**TASK INSTRUCTIONS:** Scan the records for the word "true". Report each line where it occurs.

(Collected data)
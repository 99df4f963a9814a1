//! What an instance isn't told of yet (OSGi Compendium 8, chapter 112, "Updated Callback", "Modification").
ghost use Rattle.component_state.specs.declared.component.Component.{Component};
ghost use Rattle.scr_world.specs.Views.{awaits_modified, awaits_modified_by, is_changed};
ghost use Rattle.std.specs.Option.{option_copied, option_map_or};
ghost use Rattle.std.specs.Prelude.{◌≡◌, false};

use crate::own_rows::OwnRows;
use crate::services::revision_of;
use component_state::{Component, component_of};
use prop_map::Str;
use scr_world::{Instance, World};

/// Whether the properties of a service changed since an instance was told of it for a reference.
pub fn is_changed(
    own: &OwnRows,
    world: &World,
    instance: &Instance,
    reference: &Str,
    service: u64,
) -> bool
    ensures { result ≡ is_changed world.now instance.now reference.now service }
{
    let revision = revision_of(own, world, service);
    // What was told is looked for only where something could have changed.
    revision != 0 && instance.told_revisions.revision(reference, service) < revision
}

fn awaits_modified_by(instance: &Instance, component: Option<&Component>) -> bool
    ensures { result ≡ option_map_or (awaits_modified_by instance.now) (option_copied component.entry) false }
{
    match component {
        Some(component) => match component.changed {
            Some(place) => instance.properties_taken_at < place,
            None => false,
        },
        None => false,
    }
}

/// Whether the properties of an instance's component configuration changed since it took them. It takes no memory.
pub fn awaits_modified(world: &World, instance: &Instance) -> bool
    ensures { result ≡ awaits_modified world.now instance.now }
{
    let components = world.components.as_slice();
    awaits_modified_by(
        instance,
        component_of(components, instance.origin.get().configuration),
    )
}
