//! How far an instance in the making is known to be with its references, so that no turn goes over them from the first one on (our
//! own).
ghost use Rattle.callback_orders.specs.Grammar.{is_unbind};
ghost use Rattle.scr_dues.specs.Makings.{known_after_end, lets_go, nothing_known};
ghost use Rattle.scr_world.specs.Instances.{has_turn, last_is};
ghost use Rattle.scr_world.specs.declared.instance.Instance.{Instance};
ghost use Rattle.std.specs.List.{list_any};
ghost use Rattle.std.specs.Prelude.{◌≡◌, ◌==◌, ◌&&◌};

use callback_orders::Callback;
use scr_world::{Instance, World, last_callback};

/// How far an instance in the making is: its references before a place hold what was chosen for them.
#[derive(Clone, Copy, Debug, PartialEq, Eq, Drop)]
pub struct Making {
    /// The number of the instance.
    pub instance: u64,
    /// The place in its description of the first reference of which that isn't known.
    pub place: usize,
    /// So many of its choices, from the first one on, are for references before that place.
    pub choices: usize,
}

// Whether the last callback that an instance was told of is an Unbind.
fn last_is_unbind(instance: &Instance) -> bool
    ensures { result ≡ last_is is_unbind instance.now.callbacks }
{
    matches!(
        last_callback(&instance.callbacks),
        Some(Callback::Unbind { .. })
    )
}

// Whether one of these instances is told by a turn that it lets go of a service.
fn lets_go(instances: &[Instance], number: u64, turn: u64) -> bool
    ensures { result ≡ list_any (λ (i : Instance). (i.number == number) && (has_turn turn i && last_is is_unbind i.callbacks)) instances.now }
{
    instances.iter().any(|instance| {
        instance.number == number && instance.has_turn(turn) && last_is_unbind(instance)
    })
}

impl Making {
    /// Nothing is known. That is so in every world.
    pub fn none() -> Making
        ensures { result ≡ nothing_known }
    {
        Making {
            instance: 0,
            place: 0,
            choices: 0,
        }
    }

    /// What is known once a turn has ended that is under way in this world: nothing where it ends an Unbind of the instance, which
    /// holds one service less then. It takes no memory.
    pub fn after_end(self, world: &World, turn: u64) -> Making
        ensures { result ≡ known_after_end world.now turn self }
    {
        if lets_go(world.instances.as_slice(), self.instance, turn) {
            Making::none()
        } else {
            self
        }
    }
}
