//! What the platform has of its own: the service of its condition (OSGi Core 8, "Condition Service Specification"), and the
//! component configuration of the whiteboard (OSGi Compendium 8, chapter 140).
ghost use Rattle.component_state.specs.declared.component.Component.{Component};
ghost use Rattle.scr_world.specs.Whiteboard.{condition, reference_to_all, whiteboard_component, whiteboard_description, whiteboard_references};
ghost use Rattle.reference_match.specs.Needs.{need_of};
ghost use Rattle.reference_match.specs.declared.need.Need.{Need};
ghost use Rattle.service_registry.specs.declared.row.ServiceRow.{ServiceRow};
ghost use Rattle.std.specs.Option.{option_copied};
ghost use Rattle.std.specs.Prelude.{◌≡◌, ◌∷◌, [], IfOk, Some, codes};

use crate::known_needs::KnownNeed;
use component_dto::{ConfigurationPolicy, Description, Reference, Scope};
use component_state::Component;
use prop_map::{
    Cardinality, List, OutOfMemory, Policy, PolicyOption, Properties, Shared, Str, Value,
};
use reference_match::Need;
use service_registry::{Interfaces, ServiceRow, with_service_properties};
use std::alloc::Global;
use std::marker::Model;

/// What the platform has of its own, which no journal changes. It is made once.
#[derive(Drop)]
pub struct OwnRows {
    service: ServiceRow,
    component: Component,
    contexts: KnownNeed,
    servlets: KnownNeed,
}

impl Model for OwnRows {
    ghost use Rattle.scr_world.specs.Whiteboard.{condition, whiteboard_component};
    ghost use Rattle.std.specs.Prelude.{◌≡◌};

    ghost Value = { Unit {0} };

    ghost view = { λ o. tt };

    ghost invariant = { λ o. (o.service ≡ condition) × (o.component ≡ whiteboard_component) };
}

impl OwnRows {
    /// What it has.
    ///
    /// # Errors
    /// Only want of memory.
    pub fn new(alloc: Global) -> Result<OwnRows, OutOfMemory> {
        Ok(OwnRows {
            service: condition(alloc)?,
            component: whiteboard_component(alloc)?,
            contexts: known_need(alloc, contexts(alloc)?)?,
            servlets: known_need(alloc, servlets(alloc)?)?,
        })
    }

    /// The service of the condition, which has the number 0.
    pub fn condition(&self) -> &ServiceRow
        ensures { result.now ≡ condition }
    {
        &self.service
    }

    /// The component configuration of the whiteboard, which has the number 0.
    pub fn whiteboard(&self) -> &Component
        ensures { result.now ≡ whiteboard_component }
    {
        &self.component
    }

    /// What a reference of the whiteboard needs: none of any other reference.
    pub(crate) fn need_of(&self, reference: &Reference) -> Option<&Need>
        ensures { (need : Need) → option_copied result ≡ Some need → need ≡ need_of whiteboard_component.properties reference.now }
    {
        self.contexts
            .need_of(reference)
            .or(self.servlets.need_of(reference))
    }
}

// A reference of the whiteboard with what it needs.
fn known_need(alloc: Global, reference: Reference) -> Result<KnownNeed, OutOfMemory>
    ensures { IfOk result (λ known. known ≡ reference) }
{
    let properties = whiteboard_properties(alloc)?;
    KnownNeed::of(alloc, &properties, reference)
}

fn text(alloc: Global, text: &str) -> Result<Str, OutOfMemory>
    ensures { IfOk result (λ copy. copy ≡ text.now) }
{
    Ok(Str::of(String::from_str(alloc, text)?))
}

fn condition(alloc: Global) -> Result<ServiceRow, OutOfMemory>
    ensures { IfOk result (λ row. row ≡ condition) }
{
    let mut interfaces = Vec::new(alloc);
    interfaces.push(text(alloc, "org.osgi.service.condition.Condition")?)?;
    let mut given = Properties::new(alloc);
    given.set(
        alloc,
        "osgi.condition.id",
        Value::Text(text(alloc, "true")?),
    )?;
    let properties = with_service_properties(alloc, 0, 0, &interfaces, "singleton", given)?;
    Ok(ServiceRow {
        id: 0,
        bundle: 0,
        interfaces: Interfaces::of(alloc, List::of(interfaces))?,
        properties,
        revision: 0,
        direct: true,
    })
}

fn reference_to_all(
    alloc: Global,
    name: &str,
    interface: &str,
    target: &str,
) -> Result<Reference, OutOfMemory>
    ensures { IfOk result (λ reference. reference ≡ reference_to_all name.now interface.now target.now) }
{
    Ok(Reference {
        name: text(alloc, name)?,
        interface_name: text(alloc, interface)?,
        cardinality: Cardinality::ZeroOrMore,
        policy: Policy::Dynamic,
        policy_option: PolicyOption::Reluctant,
        target: Some(text(alloc, target)?),
        updated: None,
    })
}

const CONTEXT_TARGET: &str =
    "(&(osgi.http.whiteboard.context.name=*)(osgi.http.whiteboard.context.path=*))";

const SERVLET_TARGET: &str = "(osgi.http.whiteboard.servlet.pattern=*)";

fn contexts(alloc: Global) -> Result<Reference, OutOfMemory>
    ensures { IfOk result (λ reference. reference ≡ reference_to_all (codes "contexts") (codes "org.osgi.service.http.context.ServletContextHelper") (codes "(&(osgi.http.whiteboard.context.name=*)(osgi.http.whiteboard.context.path=*))")) }
{
    reference_to_all(
        alloc,
        "contexts",
        "org.osgi.service.http.context.ServletContextHelper",
        CONTEXT_TARGET,
    )
}

fn servlets(alloc: Global) -> Result<Reference, OutOfMemory>
    ensures { IfOk result (λ reference. reference ≡ reference_to_all (codes "servlets") (codes "javax.servlet.Servlet") (codes "(osgi.http.whiteboard.servlet.pattern=*)")) }
{
    reference_to_all(alloc, "servlets", "javax.servlet.Servlet", SERVLET_TARGET)
}

fn whiteboard_references(alloc: Global) -> Result<List<Reference>, OutOfMemory>
    ensures { IfOk result (λ references. references ≡ whiteboard_references) }
{
    let mut references = Vec::new(alloc);
    references.push(contexts(alloc)?)?;
    references.push(servlets(alloc)?)?;
    Ok(List::of(references))
}

fn whiteboard_description(alloc: Global) -> Result<Description, OutOfMemory>
    ensures { IfOk result (λ description. description ≡ whiteboard_description) }
{
    Ok(Description {
        name: text(alloc, "whiteboard")?,
        scope: Scope::Singleton,
        implementation_class: text(alloc, "")?,
        default_enabled: true,
        immediate: true,
        service_interfaces: List::of(Vec::new(alloc)),
        properties: Properties::new(alloc),
        references: whiteboard_references(alloc)?,
        modified: None,
        configuration_policy: ConfigurationPolicy::Optional,
        configuration_pids: List::of(Vec::new(alloc)),
        implicit: false,
    })
}

fn whiteboard_properties(alloc: Global) -> Result<Properties, OutOfMemory>
    ensures { IfOk result (λ properties. properties ≡ whiteboard_component.properties) }
{
    let mut properties = Properties::new(alloc);
    let contexts = Value::Text(text(alloc, CONTEXT_TARGET)?);
    properties.set(alloc, "contexts.target", contexts)?;
    let servlets = Value::Text(text(alloc, SERVLET_TARGET)?);
    properties.set(alloc, "servlets.target", servlets)?;
    let name = Value::Text(text(alloc, "whiteboard")?);
    properties.set(alloc, "component.name", name)?;
    properties.set(alloc, "component.id", Value::Whole(0))?;
    Ok(properties)
}

fn whiteboard_component(alloc: Global) -> Result<Component, OutOfMemory>
    ensures { IfOk result (λ component. component ≡ whiteboard_component) }
{
    let description = whiteboard_description(alloc)?;
    Ok(Component {
        number: 0,
        bundle: 0,
        index: 0,
        pid: None,
        exists: true,
        description: Shared::of(alloc, description)?,
        configured: true,
        properties: whiteboard_properties(alloc)?,
        changed: None,
    })
}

**RESULT OF THIS TASK:**
        Value::Text(text(alloc, "true")?),
        direct: true,
        default_enabled: true,
        immediate: true,
        exists: true,
        configured: true,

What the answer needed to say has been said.